The chemical mechanical polishing layer 10 shows the final average thickness T _FA after passing through the gap 49, and the final average thickness T _FA is smaller than the initial average thickness T _IA .

1 is an illustration of a belt sanding machine used in the method of the present invention.
2 is an illustration of a typical drive roller assembly for a belt sanding machine used in prior art methods.
3 is an illustration of a drive roller assembly for a belt sanding machine used in the method of the present invention.
4 is a partial view of a drive roller assembly with a drive roller deflector and a drive roller deflection bearing.
5 is a top / side perspective view of a chemical mechanical polishing layer.
6 is a side view of a portion of a belt sanding machine.
7 is a side view of a portion of a belt sanding machine.
8 is a side view of a portion of a belt sanding machine.
9 is a side view of a portion of a belt sanding machine.

The term "substantially circular cross section" used in the context of the present specification and the appended claims with respect to chemical mechanical polishing pads or polishing pad components (eg, polishing layer {10}) refers to the central axis 12 of the polishing pad component.
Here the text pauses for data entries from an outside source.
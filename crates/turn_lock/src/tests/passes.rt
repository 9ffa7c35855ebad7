// One pass alone, two passes that meet, and a pass that was split off.
ghost use Rattle.std.specs.Prelude.{◌≡◌, ◌<◌, ◌≤◌, ◌^◌, Contains, IfOk, OnOk};
ghost use mathlib.Core.List.{IsPrefix};
ghost use Rattle.turn_lock.specs.Views.{weight};
ghost use Rattle.turn_lock.specs.Passes.{IsPassOf, IsIdle, knows};

use super::counter::{Counter, Increment};
use crate::{Pass, Turns};
use std::alloc::{AllocError, Global};
use std::sync::Wait;
use std::test::Fail;

/// Adds one entry in one turn.
pub(crate) fn add_one<R: Wait>(
    rt: &R,
    turns: &Turns<Counter>,
    pass: &mut Pass<Counter>,
    entry: Increment,
) -> Result<(), AllocError>
    requires pass { IsPassOf turns.now pass.old × IsIdle pass.old }
    requires number { (0 < entry.caller) × (entry.caller ≡ (knows pass.old).number) }
    ensures pass { IsPassOf turns.now pass.new × IsIdle pass.new
        × ((knows pass.new).number ≡ (knows pass.old).number)
        × ((knows pass.new).share ≡ (knows pass.old).share)
        × (weight (knows pass.new) ≡ weight (knows pass.old)) }
    ensures seen { IsPrefix (knows pass.old).seen (knows pass.new).seen }
    ensures added { OnOk result (Contains (knows pass.new).seen entry) }
{
    let mut held = turns.turn(rt, pass);
    let added = held.value().add(entry);
    turns.give_back(pass, held);
    added
}

/// Two passes add one entry each and meet. Both have then seen both entries.
fn add_and_meet<R: Wait>(
    rt: &R,
    turns: &Turns<Counter>,
    pass: &mut Pass<Counter>,
    other: &mut Pass<Counter>,
    entries: (Increment, Increment),
) -> Result<(), AllocError>
    requires passes { IsPassOf turns.now pass.old × IsPassOf turns.now other.old
        × IsIdle pass.old × IsIdle other.old }
    requires shares { (2 ≤ (knows pass.old).share) × (2 ≤ (knows other.old).share) }
    requires numbers { (0 < entries.0.caller) × (entries.0.caller ≡ (knows pass.old).number)
        × (0 < entries.1.caller) × (entries.1.caller ≡ (knows other.old).number) }
    ensures passes { IsPassOf turns.now pass.new × IsPassOf turns.now other.new
        × IsIdle pass.new × IsIdle other.new
        × (weight (knows pass.new) ≡ weight (knows pass.old))
        × (weight (knows other.new) ≡ weight (knows other.old)) }
    ensures pass { OnOk result (Contains (knows pass.new).seen entries.0
        × Contains (knows pass.new).seen entries.1) }
    ensures other { OnOk result (Contains (knows other.new).seen entries.0
        × Contains (knows other.new).seen entries.1) }
{
    let first = add_one(rt, turns, pass, entries.0);
    let second = add_one(rt, turns, other, entries.1);
    turns.meet(pass, other);
    first?;
    second
}

/// The list in a turn of the pass, which begins with all that the pass has seen.
fn list_in_turn<R: Wait>(
    rt: &R,
    alloc: Global,
    turns: &Turns<Counter>,
    pass: &mut Pass<Counter>,
) -> Result<Vec<Increment>, AllocError>
    requires pass { IsPassOf turns.now pass.old × IsIdle pass.old }
    ensures pass { IsPassOf turns.now pass.new × IsIdle pass.new
        × (weight (knows pass.new) ≡ weight (knows pass.old)) }
    ensures list { IfOk result (λ list. IsPrefix (knows pass.old).seen list.items) }
{
    let mut held = turns.turn(rt, pass);
    let list = held.value().made.as_slice().to_vec(alloc);
    turns.give_back(pass, held);
    list
}

#[test]
fn one_pass_takes_turns(rt: HostRuntime) -> Result<(), Fail> {
    let (turns, mut pass) = Turns::make(rt.alloc(), Counter::new(rt.alloc(), 7)).or(Err("room"))?;
    let caller = turns.sign_on(&mut pass);
    add_one(&rt, &turns, &mut pass, Increment { caller, by: 5 })?;
    add_one(&rt, &turns, &mut pass, Increment { caller, by: 6 })?;
    let counter = turns.close(pass);
    assert_eq!(rt; caller, 1);
    assert_eq!(rt; counter.name, 7);
    let want = [
        Increment { caller: 1, by: 5 },
        Increment { caller: 1, by: 6 },
    ];
    assert_eq!(rt; counter.made.as_slice(), want.as_slice());
    Ok(())
}

#[test]
fn two_passes_meet(rt: HostRuntime) -> Result<(), Fail> {
    let (turns, mut pass) = Turns::make(rt.alloc(), Counter::new(rt.alloc(), 7)).or(Err("room"))?;
    let mut other = turns.split(&mut pass, 1 << 61);
    let first = Increment {
        caller: turns.sign_on(&mut pass),
        by: 5,
    };
    let second = Increment {
        caller: turns.sign_on(&mut other),
        by: 6,
    };
    add_and_meet(&rt, &turns, &mut pass, &mut other, (first, second))?;
    turns.join(&mut pass, other);
    let counter = turns.close(pass);
    let want = [
        Increment { caller: 1, by: 5 },
        Increment { caller: 2, by: 6 },
    ];
    assert_eq!(rt; counter.made.as_slice(), want.as_slice());
    Ok(())
}

#[test]
fn a_part_begins_with_what_was_seen(rt: HostRuntime) -> Result<(), Fail> {
    let (turns, mut pass) = Turns::make(rt.alloc(), Counter::new(rt.alloc(), 7)).or(Err("room"))?;
    let caller = turns.sign_on(&mut pass);
    add_one(&rt, &turns, &mut pass, Increment { caller, by: 1 })?;
    add_one(&rt, &turns, &mut pass, Increment { caller, by: 2 })?;
    let mut part = turns.split(&mut pass, 2);
    let list = list_in_turn(&rt, rt.alloc(), &turns, &mut part)?;
    turns.join(&mut pass, part);
    let counter = turns.close(pass);
    let want = [
        Increment { caller: 1, by: 1 },
        Increment { caller: 1, by: 2 },
    ];
    assert_eq!(rt; list.as_slice(), want.as_slice());
    assert_eq!(rt; counter.made.as_slice(), want.as_slice());
    Ok(())
}
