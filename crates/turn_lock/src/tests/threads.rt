// Threads that take turns side by side.
ghost use Rattle.std.specs.Prelude.{◌≡◌, ◌≤◌};
ghost use Rattle.std.specs.Thread.{IsSync};
ghost use Rattle.turn_lock.specs.Views.{weight};
ghost use Rattle.turn_lock.specs.Passes.{IsPassOf, IsIdle, knows};

use super::counter::{Counter, Increment};
use super::passes::add_one;
use crate::{Pass, Turns};
use std::sync::Wait;
use std::test::Fail;
use std::thread::{Threads, join};

const THREADS: u64 = 8;

const TURNS: u64 = 1_000;

/// Takes a thousand turns, with an entry each. True where each entry was added.
fn take_turns<R: Wait>(
    rt: &R,
    turns: &Turns<Counter>,
    mut pass: Pass<Counter>,
) -> (Pass<Counter>, bool)
    requires pass { IsPassOf turns.now pass × IsIdle pass }
    requires number { ((knows pass).number ≡ 0) × (2 ≤ (knows pass).share) }
    ensures { IsPassOf turns.entry.now result.0 × IsIdle result.0
        × (weight (knows result.0) ≡ weight (knows pass)) }
{
    let caller = turns.sign_on(&mut pass);
    let mut added = true;
    for by in 0..TURNS {
        added &= add_one(rt, turns, &mut pass, Increment { caller, by }).is_ok();
    }
    (pass, added)
}

/// Half as many threads as the pass has shares take their turns.
fn take_turns_in_threads<R: Threads + Wait + Sync>(
    rt: &R,
    turns: &Turns<Counter>,
    mut pass: Pass<Counter>,
    share: u64,
) -> (Pass<Counter>, bool)
    requires pass { IsPassOf turns.now pass × IsIdle pass }
    requires number { ((knows pass).number ≡ 0) × ((knows pass).share ≡ share) × (2 ≤ share) }
    ensures { IsPassOf turns.entry.now result.0 × IsIdle result.0
        × (weight (knows result.0) ≡ weight (knows pass)) }
{
    if share < 4 {
        return take_turns(rt, turns, pass);
    }
    let half = share / 2;
    let rest = share - half;
    let other = turns.split(&mut pass, half);
    let (mut first, second) = join(
        rt,
        move || -> (Pass<Counter>, bool)
            requires { IsSync R.row × IsPassOf turns.now pass × IsIdle pass
                × ((knows pass).number ≡ 0) × ((knows pass).share ≡ rest) × (2 ≤ rest) }
            ensures { IsPassOf turns.entry.now result.0 × IsIdle result.0
                × (weight (knows result.0) ≡ weight (knows pass)) }
        { take_turns_in_threads(rt, turns, pass, rest) },
        move || -> (Pass<Counter>, bool)
            requires { IsSync R.row × IsPassOf turns.now other × IsIdle other
                × ((knows other).number ≡ 0) × ((knows other).share ≡ half) × (2 ≤ half) }
            ensures { IsPassOf turns.entry.now result.0 × IsIdle result.0
                × (weight (knows result.0) ≡ weight (knows other)) }
        { take_turns_in_threads(rt, turns, other, half) },
    );
    turns.join(&mut first.0, second.0);
    (first.0, first.1 && second.1)
}

#[test]
fn eight_threads_take_turns(rt: HostRuntime) -> Result<(), Fail> {
    let (turns, mut pass) = Turns::make(rt.alloc(), Counter::new(rt.alloc(), 7)).or(Err("room"))?;
    let team = turns.split(&mut pass, 2 * THREADS);
    let (team, added) = take_turns_in_threads(&rt, &turns, team, 2 * THREADS);
    turns.join(&mut pass, team);
    let counter = turns.close(pass);
    assert!(rt; added);
    assert_eq!(rt; counter.made.len() as u64, THREADS * TURNS);
    for caller in 1..=THREADS {
        let mut wanted = 0..TURNS;
        for entry in counter.made.iter().filter(|entry| entry.caller == caller) {
            assert_eq!(rt; Some(entry.by), wanted.next(), "of caller {caller}");
        }
        assert_eq!(rt; wanted.next(), None, "of caller {caller}");
    }
    Ok(())
}
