// A counter that keeps the list of its increments.
ghost use Rattle.std.specs.Prelude.{◌≡◌, ◌∷◌, ◌++◌, [], OnOk, OnErr};

use crate::Told;
use std::alloc::{AllocError, Global};

/// An increment, and who made it.
#[derive(Clone, Copy, Debug, PartialEq, Eq)]
pub(crate) struct Increment {
    pub(crate) caller: u64,
    pub(crate) by: u64,
}

/// The increments, and a name that stays.
#[derive(Debug, Drop)]
pub(crate) struct Counter {
    pub(crate) name: u64,
    pub(crate) made: Vec<Increment>,
}

impl Counter {
    pub(crate) fn new(alloc: Global, name: u64) -> Self
        ensures { (result.name ≡ name) × (result.made.items ≡ []) }
    {
        Counter {
            name,
            made: Vec::new(alloc),
        }
    }

    pub(crate) fn add(&mut self, entry: Increment) -> Result<(), AllocError>
        ensures name { self.new.name ≡ self.old.name }
        ensures ok { OnOk result (self.new.made.items ≡ self.old.made.items ++ entry ∷ []) }
        ensures err { OnErr result (self.new.made.items ≡ self.old.made.items) }
    {
        self.made.push(entry)?;
        Ok(())
    }
}

impl Told for Counter {
    type Entry = Increment;

    type Constants = u64;

    ghost list = { λ counter. counter.made.items };

    ghost caller = { λ entry. entry.caller };

    ghost constants = { λ counter. counter.name };

    fn count(&self) -> u64 {
        self.made.len() as u64
    }
}
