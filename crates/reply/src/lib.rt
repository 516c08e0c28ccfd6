// The reply of a desk's command: bytes at the start of a room, and whether the command was
// carried out.
//
// Kept: columns and rooms are lent, or arrays of a fixed size: the library and its programs use no heap.

#![tactic(auto)]

ghost use Rattle.std.specs.Prelude.{◌≤◌, length};
ghost use Rattle.reply.specs.Reply.{refused_by, second_refused, Replied};
ghost use Rattle.report.specs.Report.{most_refusal};

use refusal::Refusal;
use report::put_refused;

// The room that every reply is put into.
pub const MOST_REPLY: usize = 1048576;

#[derive(Clone, Copy)]
pub enum Status {
    // The command was carried out.
    Answered,
    // A call turned its input away.
    Refused,
    // A call turned its second input away.
    RefusedSecond,
    // The words are no command.
    Misused,
}

// How many bytes are printed, and the status.
#[derive(Clone, Copy)]
pub struct Reply {
    pub width: usize,
    pub status: Status,
}

// The line of a refusal.
pub fn put_refusal(room: &mut [u8], refusal: Refusal) -> Reply
    requires { most_refusal ≤ length room.old }
    ensures { Replied (refused_by refusal) room.old result room.new }
{
    let width = put_refused(room, refusal);
    Reply {
        width,
        status: Status::Refused,
    }
}

// The line of a refusal of the second input.
pub fn put_second_refusal(room: &mut [u8], refusal: Refusal) -> Reply
    requires { most_refusal ≤ length room.old }
    ensures { Replied (second_refused refusal) room.old result room.new }
{
    let width = put_refused(room, refusal);
    Reply {
        width,
        status: Status::RefusedSecond,
    }
}
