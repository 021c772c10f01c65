// A row of parts with their sums.
ghost use Rattle.std.specs.Option.{option_copied};
ghost use Rattle.std.specs.Ptr.{null_ptr};
ghost use Rattle.std.specs.Prelude.{◌≡◌, ◌+◌, ◌-◌, ◌^◌, ◌<◌, ◌≤◌, ◌++◌, [], ◌∷◌, drop, false, fold, length, map, min, nat_lt, replicate, slice_get, slice_index_or, take, Err, IfNone, IfOk, IfSome, IsOk, IsOkUnless, IsTrue, OnErr, OnOk, vec_capacity, vec_len};
ghost use Rattle.iobufs_core.specs.Chunks.{first_chunk};
ghost use Rattle.iobufs_core.specs.MarkedText.{of_view, text_append};
ghost use Rattle.iobufs_core.specs.Part.{empty_part, part_capacity, part_frozen, part_overwritten, part_put, part_with_len};
ghost use Rattle.iobufs.specs.Inside.PartOrder.{AreBehind, HaveNoSpare, first_drained, in_order};
ghost use Rattle.iobufs.specs.Visiting.{IsVisited};
ghost use Rattle.std.specs.Fn.{CalledAtMut};
ghost use Rattle.iobufs.specs.Parts.{HaveCapacity, IsParts, kept_parts, parts_capacity, parts_chunks, parts_drained, parts_fill, parts_filled, parts_frozen, parts_overwritten, parts_spare, parts_with_len, single_part};

use crate::bufs::IoBufs;
use crate::bufs::reserved::put_reserved;
use crate::bufs::row::NewRow;
use bytes::Bytes;
use iobufs_core::buf::{IoBuf, IoBufMut, address_mut};
use iobufs_core::codec::{Buf, BufError, BufMut};
use std::alloc::{AllocError, Global};
use std::collections::VecDeque;
use std::marker::Model;
use std::mem;

/// One part or more in a deque, with the sums of their lengths and capacities. With two or more, each can hold a byte.
/// Drained ones are after the others, so that `chunk` and `advance` begin with the others:
///
/// ```text
/// in order | . . | . . | b c | d e |
/// row      | b c | d e | . . | . . |    used: 2
/// ```
#[derive(Drop)]
pub(super) struct Several {
    row: VecDeque<IoBufMut>,
    used: usize,
    // The first `full` buffers in order are known to have no spare capacity. A put begins after them.
    full: usize,
    len: usize,
    capacity: usize,
}

impl Model for Several {
    ghost use Rattle.std.specs.Prelude.{List};
    ghost use Rattle.iobufs_core.specs.Part.{Part};
    ghost use Rattle.iobufs.specs.Inside.PartOrder.{AreKept, in_order};

    ghost Value = { List Part };

    ghost view = { λ s. in_order s.row.items s.used };

    ghost invariant = { λ s. AreKept s.row.items s.used s.full s.len s.capacity };
}

impl Several {
    /// Two parts in a deque with space for `expected`.
    pub(super) fn of_two(
        alloc: Global,
        first: IoBufMut,
        second: IoBufMut,
        expected: usize,
    ) -> Result<Several, AllocError>
        requires have_capacity { HaveCapacity (first ∷ second ∷ []) }
        requires fits { parts_capacity (first ∷ second ∷ []) < 2 ^ 64 }
        ensures { IfOk result (λ parts. parts ≡ first ∷ second ∷ []) }
    {
        let len = first.len() + second.len();
        let capacity = first.capacity() + second.capacity();
        let mut row = VecDeque::with_capacity(alloc, expected.max(2))?;
        row.push_back_reserved(first);
        row.push_back_reserved(second);
        Ok(Several {
            row,
            used: 0,
            full: 0,
            len,
            capacity,
        })
    }

    #[tactic(auto, using(crate::proofs::Parts::OrderLaws::ordered))]
    pub(super) fn push(&mut self, part: IoBufMut) -> Result<(), AllocError>
        requires several { 1 < length self.old }
        requires more { 0 < part_capacity part }
        requires fits { parts_capacity self.old + part_capacity part < 2 ^ 64 }
        ensures pushed { OnOk result (self.new ≡ self.old ++ part ∷ []) }
        ensures kept { OnOk result (self.new ≡ kept_parts self.new) }
    {
        let (len, capacity) = (part.len(), part.capacity());
        settle(&mut self.row, &mut self.used);
        if self.row.push_back(part).is_err() {
            return Err(AllocError);
        }
        self.len += len;
        self.capacity += capacity;
        Ok(())
    }

    #[tactic(auto, using(crate::proofs::Parts::OrderLaws::ordered))]
    pub(super) fn count(&self) -> usize
        ensures { result ≡ length self.now }
    {
        self.row.len()
    }

    pub(super) fn get(&self, i: usize) -> Option<&IoBufMut>
        ensures { option_copied result ≡ slice_get self.now i }
    {
        if i >= self.row.len() {
            return None;
        }
        self.row.get(place_of(&self.row, self.used, i))
    }

    /// The only part, if there is just one.
    #[tactic(auto, using(crate::proofs::Parts::OrderLaws::ordered))]
    pub(super) fn single(&self) -> Option<&IoBufMut>
        ensures { option_copied result ≡ single_part self.now }
    {
        if self.row.len() > 1 {
            return None;
        }
        self.get(0)
    }

    /// Takes the only part out, if there is just one; one of capacity 0 is left.
    pub(super) fn take_single(&mut self) -> Option<IoBufMut>
        ensures none { IfNone result ((self.new ≡ self.old) × (1 < length self.old)) }
        ensures some { IfSome result (λ part. self.old ≡ part ∷ []) }
    {
        if self.row.len() > 1 {
            return None;
        }
        let none = IoBufMut::default(*self.row.allocator());
        self.used = 0;
        self.full = 0;
        self.len = 0;
        self.capacity = 0;
        Some(mem::replace(&mut self.row[0], none))
    }

    pub(super) fn len(&self) -> usize
        ensures { result ≡ length (parts_filled self.now) }
    {
        self.len
    }

    pub(super) fn capacity(&self) -> usize
        ensures sum { result ≡ parts_capacity self.now }
        ensures parts { IsParts self.now }
    {
        self.capacity
    }

    #[tactic(auto, using(crate::proofs::Parts::PartLaws::sums))]
    pub(super) fn spare(&self) -> usize
        ensures { result ≡ parts_spare self.now }
    {
        self.capacity - self.len
    }

    #[tactic(auto, using(crate::proofs::Parts::OrderLaws::ordered))]
    pub(super) fn put(&mut self, src: &[u8])
        requires { length src.now ≤ parts_spare self.old }
        ensures { self.new ≡ parts_fill self.old src.now }
    {
        if self.used == 0 && put_inside(&mut self.row, &mut self.full, src) {
            self.len += src.len();
            return;
        }
        self.put_behind(src);
    }

    // Acts as `put`: a function of its own, so that bytes that fit the next buffer cost no call.
    #[inline(never)]
    #[tactic(auto, using(crate::proofs::Parts::OrderLaws::ordered))]
    fn put_behind(&mut self, src: &[u8])
        requires { length src.now ≤ parts_spare self.old }
        ensures { self.new ≡ parts_fill self.old src.now }
    {
        settle(&mut self.row, &mut self.used);
        self.full = put(&mut self.row, self.full, src);
        self.len += src.len();
    }

    #[tactic(auto, using(crate::proofs::Parts::OrderLaws::ordered))]
    pub(super) fn put_bytes(&mut self, value: u8, n: usize)
        requires { n ≤ parts_spare self.old }
        ensures { self.new ≡ parts_fill self.old (replicate n value) }
    {
        if n == 0 {
            return;
        }
        settle(&mut self.row, &mut self.used);
        self.full = count_full(&self.row, self.full);
        put_bytes(&mut self.row, self.full, value, n);
        self.len += n;
    }

    #[tactic(auto, using(crate::proofs::Parts::OrderLaws::ordered))]
    pub(super) fn set_len(&mut self, n: usize)
        requires { n ≤ parts_capacity self.old }
        ensures { self.new ≡ parts_with_len self.old n }
    {
        settle(&mut self.row, &mut self.used);
        set_len(&mut self.row, n);
        self.full = 0;
        self.len = n;
    }

    pub(super) fn copy_from_slice(&mut self, src: &[u8])
        requires { length src.now ≡ length (parts_filled self.old) }
        ensures { self.new ≡ parts_overwritten self.old src.now }
    {
        copy_from_slice(&mut self.row, src);
    }

    /// Calls `visit` on the bytes of each part that holds some, in order.
    pub(super) fn for_each_chunk_mut<F: FnMut(&mut [u8])>(&mut self, visit: F)
        requires { F.IsAlwaysCallable visit }
        ensures { (last : F) × IsVisited (λ f x g y. CalledAtMut F.FnMut f x tt g y) visit self.old last self.new }
    {
        visit_all(&mut self.row, visit);
    }

    /// Drops the first `n` bytes, and the parts that then can't hold a byte, except a last one.
    pub(super) fn advance(&mut self, n: usize)
        requires { n ≤ length (parts_filled self.old) }
        ensures { self.new ≡ parts_drained self.old n }
    {
        self.len -= n;
        self.capacity -= n;
        if !shorten(&mut self.row, n) {
            let count = self.row.len();
            self.used = drain(&mut self.row, n, self.used);
            // Each buffer that was dropped had no spare capacity.
            if self.row.len() < count {
                self.full = self.full.saturating_sub(count - self.row.len());
            }
        }
    }

    /// Takes the first `n` bytes with their storage, if the row's first part has no spare capacity and holds just
    /// these, and others are left.
    pub(super) fn take_front(&mut self, alloc: Global, n: usize) -> Result<Option<Bytes>, BufError>
        requires { 0 < n }
        ensures front { IfOk result (λ front. IfSome front (λ bytes.
            (bytes ≡ take n (parts_filled self.old)) × (self.new ≡ parts_drained self.old n))) }
        ensures none { IfOk result (λ front. IfNone front (self.new ≡ self.old)) }
        ensures unchanged { OnErr result (self.new ≡ self.old) }
        ensures memory { IsOkUnless result BufError.Memory }
    {
        let Some(bytes) = take_first(&mut self.row, alloc, n)? else {
            return Ok(None);
        };
        self.full = self.full.saturating_sub(1);
        self.len -= n;
        self.capacity -= n;
        Ok(Some(bytes))
    }

    /// The bytes of the first part that holds some, or no bytes.
    #[tactic(auto, using(crate::proofs::Parts::PartChunks::reading))]
    pub(super) fn chunk(&self) -> &[u8]
        ensures { result.now ≡ first_chunk (parts_chunks self.now) }
    {
        for part in &self.row {
            if !part.is_empty() {
                return part.as_ref();
            }
        }
        &[]
    }

    /// The address of the first chunk.
    pub(super) fn chunk_ptr(&mut self) -> *mut u8
        ensures address { result ≡ null_ptr → ⊥ }
        ensures same { self.new ≡ self.old }
    {
        let first = first_filled(&self.row);
        address_mut(self.row[first].as_mut())
    }

    /// The address of the bytes of a part.
    pub(super) fn part_ptr(&mut self, i: usize) -> *mut u8
        requires { i < length self.old }
        ensures address { result ≡ null_ptr → ⊥ }
        ensures same { self.new ≡ self.old }
    {
        let place = place_of(&self.row, self.used, i);
        address_mut(self.row[place].as_mut())
    }

    #[tactic(auto, using(crate::proofs::Parts::PartChunks::reading))]
    pub(super) fn byte_at(&self, i: usize) -> Option<u8>
        ensures { result ≡ slice_get (parts_filled self.now) i }
    {
        let mut at = i;
        for part in &self.row {
            let len = part.len();
            if at < len {
                return part.byte_at(at);
            }
            at -= len;
        }
        None
    }

    /// Fills `dst` with the first bytes.
    #[tactic(auto, using(crate::proofs::Parts::PartChunks::reading))]
    pub(super) fn read(&self, dst: &mut [u8])
        requires { length dst.old ≤ length (parts_filled self.now) }
        ensures { dst.new ≡ take (length dst.old) (parts_filled self.now) }
    {
        let mut at = 0;
        for part in &self.row {
            if at == dst.len() {
                return;
            }
            at = read_share(part, dst, at);
        }
    }

    /// A copy of the first `n` bytes.
    #[tactic(auto, using(crate::proofs::Parts::PartChunks::reading))]
    pub(super) fn copy_front(&self, alloc: Global, n: usize) -> Result<Vec<u8>, AllocError>
        ensures bytes { IfOk result (λ bytes. bytes.items ≡ take n (parts_filled self.now)) }
        ensures nothing { n ≡ 0 → IsOk result }
    {
        let mut bytes = Vec::with_capacity(alloc, n)?;
        let mut rest = n;
        for part in &self.row {
            if rest == 0 {
                break;
            }
            rest = extend_share(&mut bytes, part, rest);
        }
        Ok(bytes)
    }

    /// The bytes of the first parts that hold some, at most `max` parts.
    #[tactic(auto, using(crate::proofs::Parts::PartChunks::reading))]
    pub(super) fn chunks(&self, alloc: Global, max: usize) -> Result<Vec<&[u8]>, AllocError>
        ensures { IfOk result (λ chunks. map (λ chunk. chunk.now) chunks.items ≡ take max (parts_chunks self.now)) }
    {
        let mut chunks = Vec::new(alloc);
        for part in &self.row {
            if chunks.len() == max {
                break;
            }
            if part.is_empty() {
                continue;
            }
            chunks.push(part.as_ref())?;
        }
        Ok(chunks)
    }

    /// Freezes the buffers that hold bytes, in order. A single chunk needs no deque.
    #[tactic(auto, using(crate::proofs::Parts::Frozen::freezing))]
    pub(super) fn freeze(self, alloc: Global) -> Result<IoBufs, BufError>
        ensures ok { IfOk result (λ text. text ≡ parts_frozen self) }
        ensures memory { IsOkUnless result BufError.Memory }
        ensures nothing { length (parts_filled self) ≡ 0 → IsOk result }
    {
        let Several {
            mut row,
            used: _,
            full: _,
            len,
            capacity: _,
        } = self;
        while let Some(part) = row.pop_front() {
            let piece = part.freeze()?;
            if piece.len() == len {
                return Ok(IoBufs::from(piece));
            }
            if piece.len() != 0 {
                return freeze_behind(alloc, piece, row);
            }
        }
        Ok(IoBufs::default())
    }

    /// All bytes in one buffer, without spare capacity.
    pub(super) fn coalesce(self, alloc: Global) -> Result<IoBufMut, BufError>
        ensures ok { IfOk result (λ part. part ≡ record { filled = parts_filled self; spare = 0 }) }
        ensures bad_layout { 2 ^ 63 ≤ length (parts_filled self) → result ≡ Err BufError.BadLayout }
        ensures good_layout { length (parts_filled self) < 2 ^ 63 → IsOkUnless result BufError.Memory }
        ensures nothing { length (parts_filled self) ≡ 0 → IsOk result }
    {
        let Several {
            mut row,
            used: _,
            full: _,
            len,
            capacity: _,
        } = self;
        let first = row.pop_front().unwrap();
        let mut whole = first.grown(alloc, len)?;
        for part in &row {
            whole.put_share(part.as_ref());
        }
        whole.close();
        Ok(whole)
    }
}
Means that the longest radius r of the section from to the outer periphery 15 is ≤20% longer than the shortest radius r of the section from the central axis 12 to the outer periphery 15 (see FIG. 5).

Herein with the term "substantially parallel" as used with respect to the range of the appended claims the drive roller axis of rotation A _dr and transport feed roller rotation axis A _tfr the drive roller axis of rotation A _dr and transport feed roller rotation axis A _tfr the transport belt and This means that the gap formed between the straightening sanding belts is sufficiently parallel to differ by less than 0.05 mm (preferably ≤0.045 mm) across the width W of the gap.

There are a wide variety of polymer compositions used in the manufacture of chemical mechanical polishing layers having a polishing surface, the polishing surface being configured to polish the substrate (preferably, the substrate is selected from at least one of a magnetic substrate, an optical substrate and a semiconductor substrate) And more preferably, the substrate is a semiconductor substrate, most preferably, the substrate is a semiconductor wafer). Those skilled in the art can select suitable polymer compositions for a given chemical mechanical polishing layer application.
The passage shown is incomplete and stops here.